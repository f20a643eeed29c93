ghost use Rattle.std.specs.Prelude.{◌≡◌, ◌<◌, ◌≤◌, ℕ, List, ◌∷◌, Some, length, nat_eq, IfSome};
ghost use Rattle.c_lex.specs.Spellings.{word_text, word_of, mark_text, mark_of, library_names, is_one_of, is_taken};

use crate::token::{Mark, Word};

/// The reserved words.
const WORDS: [Word; 48] = [
    Word::Auto,
    Word::Break,
    Word::Case,
    Word::Char,
    Word::Const,
    Word::Continue,
    Word::Default,
    Word::Do,
    Word::Double,
    Word::Else,
    Word::Enum,
    Word::Extern,
    Word::Float,
    Word::For,
    Word::Goto,
    Word::If,
    Word::Inline,
    Word::Int,
    Word::Long,
    Word::Register,
    Word::Restrict,
    Word::Return,
    Word::Short,
    Word::Signed,
    Word::Sizeof,
    Word::Static,
    Word::Struct,
    Word::Switch,
    Word::Typedef,
    Word::Union,
    Word::Unsigned,
    Word::Void,
    Word::Volatile,
    Word::While,
    Word::Alignas,
    Word::Alignof,
    Word::Atomic,
    Word::Bool,
    Word::Complex,
    Word::Generic,
    Word::Imaginary,
    Word::Noreturn,
    Word::StaticAssert,
    Word::ThreadLocal,
    Word::SizeT,
    Word::ThrdT,
    Word::MtxT,
    Word::Null,
];

/// The marks, those of three bytes first, then those of two, then those of one.
const MARKS: [Mark; 46] = [
    Mark::Ellipsis,
    Mark::ShiftLeftAssign,
    Mark::ShiftRightAssign,
    Mark::ShiftLeft,
    Mark::ShiftRight,
    Mark::LessEqual,
    Mark::GreaterEqual,
    Mark::EqualEqual,
    Mark::NotEqual,
    Mark::AndAnd,
    Mark::OrOr,
    Mark::Arrow,
    Mark::PlusPlus,
    Mark::MinusMinus,
    Mark::PlusAssign,
    Mark::MinusAssign,
    Mark::StarAssign,
    Mark::SlashAssign,
    Mark::PercentAssign,
    Mark::AmpersandAssign,
    Mark::BarAssign,
    Mark::CaretAssign,
    Mark::Plus,
    Mark::Minus,
    Mark::Star,
    Mark::Slash,
    Mark::Percent,
    Mark::Ampersand,
    Mark::Bar,
    Mark::Caret,
    Mark::Tilde,
    Mark::Bang,
    Mark::Less,
    Mark::Greater,
    Mark::Assign,
    Mark::Question,
    Mark::Colon,
    Mark::Semicolon,
    Mark::Comma,
    Mark::Dot,
    Mark::OpenParen,
    Mark::CloseParen,
    Mark::OpenBracket,
    Mark::CloseBracket,
    Mark::OpenBrace,
    Mark::CloseBrace,
];

/// The names of the library, which `#define` may not take.
const LIBRARY_NAMES: [&[u8]; 23] = [
    b"printf",
    b"malloc",
    b"calloc",
    b"realloc",
    b"free",
    b"memcpy",
    b"thrd_create",
    b"thrd_join",
    b"mtx_init",
    b"mtx_lock",
    b"mtx_unlock",
    b"mtx_destroy",
    b"atomic_init",
    b"atomic_store",
    b"atomic_load",
    b"atomic_fetch_add",
    b"atomic_fetch_sub",
    b"atomic_exchange",
    b"atomic_compare_exchange_strong",
    b"atomic_compare_exchange_weak",
    b"mtx_plain",
    b"thrd_success",
    b"thrd_error",
];

/// The bytes of a reserved word.
#[tactic(auto, unfolding(crate::specs::Spellings::word_text))]
fn word_bytes(word: Word) -> &'static [u8]
    ensures { result.now ≡ word_text word }
{
    match word {
        Word::Auto => b"auto",
        Word::Break => b"break",
        Word::Case => b"case",
        Word::Char => b"char",
        Word::Const => b"const",
        Word::Continue => b"continue",
        Word::Default => b"default",
        Word::Do => b"do",
        Word::Double => b"double",
        Word::Else => b"else",
        Word::Enum => b"enum",
        Word::Extern => b"extern",
        Word::Float => b"float",
        Word::For => b"for",
        Word::Goto => b"goto",
        Word::If => b"if",
        Word::Inline => b"inline",
        Word::Int => b"int",
        Word::Long => b"long",
        Word::Register => b"register",
        Word::Restrict => b"restrict",
        Word::Return => b"return",
        Word::Short => b"short",
        Word::Signed => b"signed",
        Word::Sizeof => b"sizeof",
        Word::Static => b"static",
        Word::Struct => b"struct",
        Word::Switch => b"switch",
        Word::Typedef => b"typedef",
        Word::Union => b"union",
        Word::Unsigned => b"unsigned",
        Word::Void => b"void",
        Word::Volatile => b"volatile",
        Word::While => b"while",
        Word::Alignas => b"_Alignas",
        Word::Alignof => b"_Alignof",
        Word::Atomic => b"_Atomic",
        Word::Bool => b"_Bool",
        Word::Complex => b"_Complex",
        Word::Generic => b"_Generic",
        Word::Imaginary => b"_Imaginary",
        Word::Noreturn => b"_Noreturn",
        Word::StaticAssert => b"_Static_assert",
        Word::ThreadLocal => b"_Thread_local",
        Word::SizeT => b"size_t",
        Word::ThrdT => b"thrd_t",
        Word::MtxT => b"mtx_t",
        Word::Null => b"NULL",
    }
}

/// The bytes of a mark.
#[tactic(auto, unfolding(crate::specs::Spellings::mark_text))]
pub(crate) fn mark_bytes(mark: Mark) -> &'static [u8]
    ensures text { result.now ≡ mark_text mark }
    ensures some { 0 < length result.now }
{
    match mark {
        Mark::Ellipsis => b"...",
        Mark::ShiftLeft => b"<<",
        Mark::ShiftRight => b">>",
        Mark::LessEqual => b"<=",
        Mark::GreaterEqual => b">=",
        Mark::EqualEqual => b"==",
        Mark::NotEqual => b"!=",
        Mark::AndAnd => b"&&",
        Mark::OrOr => b"||",
        Mark::Arrow => b"->",
        Mark::PlusPlus => b"++",
        Mark::MinusMinus => b"--",
        Mark::PlusAssign => b"+=",
        Mark::MinusAssign => b"-=",
        Mark::StarAssign => b"*=",
        Mark::SlashAssign => b"/=",
        Mark::PercentAssign => b"%=",
        Mark::AmpersandAssign => b"&=",
        Mark::BarAssign => b"|=",
        Mark::CaretAssign => b"^=",
        Mark::ShiftLeftAssign => b"<<=",
        Mark::ShiftRightAssign => b">>=",
        Mark::Plus => b"+",
        Mark::Minus => b"-",
        Mark::Star => b"*",
        Mark::Slash => b"/",
        Mark::Percent => b"%",
        Mark::Ampersand => b"&",
        Mark::Bar => b"|",
        Mark::Caret => b"^",
        Mark::Tilde => b"~",
        Mark::Bang => b"!",
        Mark::Less => b"<",
        Mark::Greater => b">",
        Mark::Assign => b"=",
        Mark::Question => b"?",
        Mark::Colon => b":",
        Mark::Semicolon => b";",
        Mark::Comma => b",",
        Mark::Dot => b".",
        Mark::OpenParen => b"(",
        Mark::CloseParen => b")",
        Mark::OpenBracket => b"[",
        Mark::CloseBracket => b"]",
        Mark::OpenBrace => b"{",
        Mark::CloseBrace => b"}",
    }
}

/// The reserved word that the bytes spell, if they do.
#[tactic(auto, unfolding(crate::specs::Spellings::word_of, crate::specs::Spellings::all_words))]
pub(crate) fn word_of(run: &[u8]) -> Option<Word>
    ensures { result ≡ word_of run.now }
{
    for word in WORDS {
        if word_bytes(word) == run {
            return Some(word);
        }
    }
    None
}

// The mark of a byte that begins no other mark. Most marks of a text are such.
#[tactic(auto, unfolding(crate::specs::Spellings::mark_of, crate::specs::Spellings::longest_marks_first, crate::specs::Spellings::mark_text))]
fn sole_mark(first: u8) -> Option<Mark>
    ensures mark { IfSome result (λ mark. (rest : List ℕ) → mark_of (first ∷ rest) ≡ Some mark) }
    ensures one { IfSome result (λ mark. length (mark_text mark) ≡ 1) }
{
    match first {
        b'~' => Some(Mark::Tilde),
        b'?' => Some(Mark::Question),
        b':' => Some(Mark::Colon),
        b';' => Some(Mark::Semicolon),
        b',' => Some(Mark::Comma),
        b'(' => Some(Mark::OpenParen),
        b')' => Some(Mark::CloseParen),
        b'[' => Some(Mark::OpenBracket),
        b']' => Some(Mark::CloseBracket),
        b'{' => Some(Mark::OpenBrace),
        b'}' => Some(Mark::CloseBrace),
        _ => None,
    }
}

// The first of the marks that the bytes begin with, the longest first.
#[tactic(auto, unfolding(crate::specs::Spellings::mark_of, crate::specs::Spellings::longest_marks_first))]
fn longest_mark(bytes: &[u8]) -> Option<Mark>
    ensures mark { result ≡ mark_of bytes.now }
    ensures within { IfSome result (λ mark. length (mark_text mark) ≤ length bytes.now) }
{
    for mark in MARKS {
        if bytes.starts_with(mark_bytes(mark)) {
            return Some(mark);
        }
    }
    None
}

/// The longest mark that the bytes begin with, if they begin with one.
pub(crate) fn mark_of(bytes: &[u8]) -> Option<Mark>
    ensures mark { result ≡ mark_of bytes.now }
    ensures within { IfSome result (λ mark. length (mark_text mark) ≤ length bytes.now) }
{
    let sole = match bytes.first() {
        Some(first) => sole_mark(*first),
        None => None,
    };
    match sole {
        Some(mark) => Some(mark),
        None => longest_mark(bytes),
    }
}

/// Whether `#define` may not take the name.
#[tactic(auto, unfolding(crate::specs::Spellings::is_taken, crate::specs::Spellings::library_names))]
pub(crate) fn is_taken(name: &[u8]) -> bool
    ensures { result ≡ is_taken name.now }
{
    word_of(name).is_some() || LIBRARY_NAMES.contains(&name)
}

---

Each line above that contains the string "Restrict" should be copied.

    Word::Restrict,
        Word::Restrict => b"restrict",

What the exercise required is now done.